Leffingwell’s second approach was “playing to our strengths” – mainly “the creativity and the compassion of our people.” Here, he spoke of uniting Austin’s tech and music communities, announcing a city partnership with the Austin Music Foundation for a creative center at Austin Studios. Compassion-wise, he cited a forthcoming volunteerism initiative from Chief Service Officer Andy Mormon called Serve Austin.
The third approach, “tackling big problems head on,” related to Leffingwell’s most ambitious proposal, his call for a single-member district vote in 2012. “As mayor, I have to say that I’m especially concerned about what I see as a growing disconnect between citizens and their government. … Input tends to come from a relatively small group of people. That’s not to suggest that we don’t value it, but I do believe that it’s incumbent upon us to engage more people however we can.”
Building off an earlier superheroic analogy, Leffingwell closed by saying “We are a city without fear. We are a city that can create anything we can visualize, through sheer force of will. We are a city with a special charge to shine a light into the darkness and lead the way to a new and better day. And I know that’s exactly what we will do. “
That’s said, here’s the Top 8 Zingers from Leffingwell’s State of the City address (the text of which you can find here):
1. I believe these amendments – if approved by the Council and ultimately by the voters – will deliver better representation for more people at City Hall; save Austin taxpayers a significant amount of money; and potentially triple turnout in City elections. If you act today, you’ll also receive a free set of steak knives, which will be yours to keep.
2. I must say that I am so optimistic and excited about Austin’s future that I’m almost inclined to show some emotion.

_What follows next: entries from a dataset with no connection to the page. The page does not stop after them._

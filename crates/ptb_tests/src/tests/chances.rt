// This file tests tables of chances, also with writers that fail and where memory is refused.

use crate::tests::shared::{expect_rows, rules, table};
use crate::tests::written_rows::{Source, Writing, Written, expect_begun};
use ptb_chances::write_chances;
use ptb_explore::ExploreFault;
use ptb_text::{Device, DeviceFault};
use std::test::Fail;

// The most commands of a run, and the bound for answers instead of lines. A table is one item: where
// memory is refused, nothing of it is written.
struct Table(u32, Option<i16>);

impl Writing for Table {
    fn write(&self, source: &Source, room: &mut [u8]) -> Result<u64, ExploreFault> {
        let rules = rules(self.0, self.1);
        let mut out = Device::new(room);
        match write_chances(
            source.alloc,
            &source.program,
            &source.lines,
            rules,
            &mut out,
        ) {
            Ok(()) => Ok(1),
            Err(DeviceFault::Memory) => Err(ExploreFault::Memory(0)),
            Err(_) => Err(ExploreFault::Write(0)),
        }
    }
}

const ROLL_IN_TWO: Written<Table> = Written(
    "10 A=RND(2);IF A=2 A=RND(3)\n20 P.#1,A\n",
    "",
    Table(10000, None),
    &["CHANCE 2/3 2 END 1\n1\nCHANCE 1/6 1 END 1\n2\nCHANCE 1/6 1 END 1\n3\n"],
);

// The chances are from Python's fractions.
const ROWS: &[Written<Table>] = table! { Written:
    ("", "", Table(10000, None), &["CHANCE 1/1 1 END 0\n\n"]),
    ("10 A=RND(2)\n20 IF A=1 GOTO 10\n", "", Table(5, None),
     &["CHANCE 3/4 2 END 0\n\nCHANCE 1/4 1 LIMIT 0\n\n"]),
    // four tosses: the results go by their bytes, and so the minus sign comes first
    ("10 F.I=1TO4;A=A+RND(2)*2-3;N.I;P.#1,A\n", "", Table(10000, None),
     &["CHANCE 1/4 4 END 2\n-2\nCHANCE 1/16 1 END 2\n-4\nCHANCE 3/8 6 END 1\n0\n\
CHANCE 1/4 4 END 1\n2\nCHANCE 1/16 1 END 1\n4\n"]),
    // by the endings first, then by the lines
    ("10 A=RND(3);P.#1,A;IF A=1 STOP\n20 IF A=2 P.1/0\n", "", Table(10000, None),
     &["CHANCE 1/3 1 END 1\n3\nCHANCE 1/3 1 STOP 1\n1\nCHANCE 1/3 1 HOW 16\n20 IF A=2 P.1/0?\n"]),
    // the last line counts, also one without an end; a last empty line is a line
    ("10 P.RND(2);P.'X'\n", "", Table(10000, None), &["CHANCE 1/1 2 END 1\nX\n"]),
    ("10 A=RND(5);P.#1,A,;IF A<4 STOP\n20 P.;IF A=4 P.\n", "", Table(10000, None),
     &["CHANCE 1/5 1 END 0\n\nCHANCE 1/5 1 END 1\n5\n\
CHANCE 1/5 1 STOP 1\n1\nCHANCE 1/5 1 STOP 1\n2\nCHANCE 1/5 1 STOP 1\n3\n"]),
    // a prefix of a line comes before it
    ("10 A=RND(2);P.#1,7,;IF A=1 P.0\n", "", Table(10000, None),
     &["CHANCE 1/2 1 END 1\n7\nCHANCE 1/2 1 END 7\n7     0\n"]),
    // an answer instead of a line, and no line
    ("10 INPUT A\n", "", Table(10000, Some(2)), &["CHANCE 1/2 1 END 3\nA:1\nCHANCE 1/2 1 END 3\nA:2\n"]),
    ("10 INPUT A;P.#1,RND(2)\n", "", Table(10000, None), &["CHANCE 1/1 1 NOINPUT 2\nA:\n"]),
    ("10 INPUT A;P.#1,RND(2)+A\n", "7\n", Table(10000, None),
     &["CHANCE 1/2 1 END 1\n8\nCHANCE 1/2 1 END 1\n9\n"]),
};

#[test]
fn writes_tables(rt: HostRuntime) {
    expect_rows(&rt, "tables", &rt.alloc(), ROWS);
    expect_rows(&rt, "a roll in two", &rt.alloc(), &[ROLL_IN_TWO]);
}

// Passes whichever of its allocations is refused: nothing is written then.
#[test]
fn refused_tables_write_nothing(rt: HostRuntime) -> Result<(), Fail> {
    expect_begun(&rt, rt.alloc(), &ROLL_IN_TWO)
}
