// This file has the listing of the mistakes in a program's text.

ghost use Rattle.std.specs.Prelude.{◌≡◌, ◌≤◌};
ghost use Rattle.ptb_options.specs.declared.request.Mode.TheVariants.{Check};
ghost use Rattle.ptb_machine.specs.Streams.{writes_of};
ghost use Rattle.ptb_serve.specs.LoadedPrograms.{IsServedUnread};
ghost use Rattle.ptb_serve.specs.Replies.{check_status};

use crate::note::Note;
use ptb_check::write_mistakes;
use ptb_text::{Program, Write};

/// Writes each mistake in a program's text, as a run reports it. The status is 1 where there is one,
/// and 0 where there is none. Nothing is run, and no memory is taken.
///
/// # Errors
///
/// [`Note::Unwritten`] where the writer failed: a prefix of the mistakes was written.
pub fn list_mistakes<W: Write>(program: &Program, out: &mut W) -> Result<u8, Note>
    ensures { IsServedUnread Check program.now
        (writes_of W.contents W.failures out.old out.new) result }
{
    let any = write_mistakes(program, out)?;
    Ok(status_of(any))
}

// 1 where there is a mistake, otherwise 0.
fn status_of(any: bool) -> u8
    ensures status { result ≡ check_status any }
    ensures small { result ≤ 1 }
{
    if any { 1 } else { 0 }
}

3. Unfortunately, Council Member Fred Durst couldn’t make it.
4. I received notice from ERCOT they may have to periodically interrupt my remarks.
5. Thank you all for taking a short break from playing Angry Birds to be here.
6. If there were a list of cities that appeared on lists, we’d be on the list.
7. As I’ve said before: I know it’s only rock and roll, but I like it.
8. [Some joke about Mike Martinez being bald that I missed.]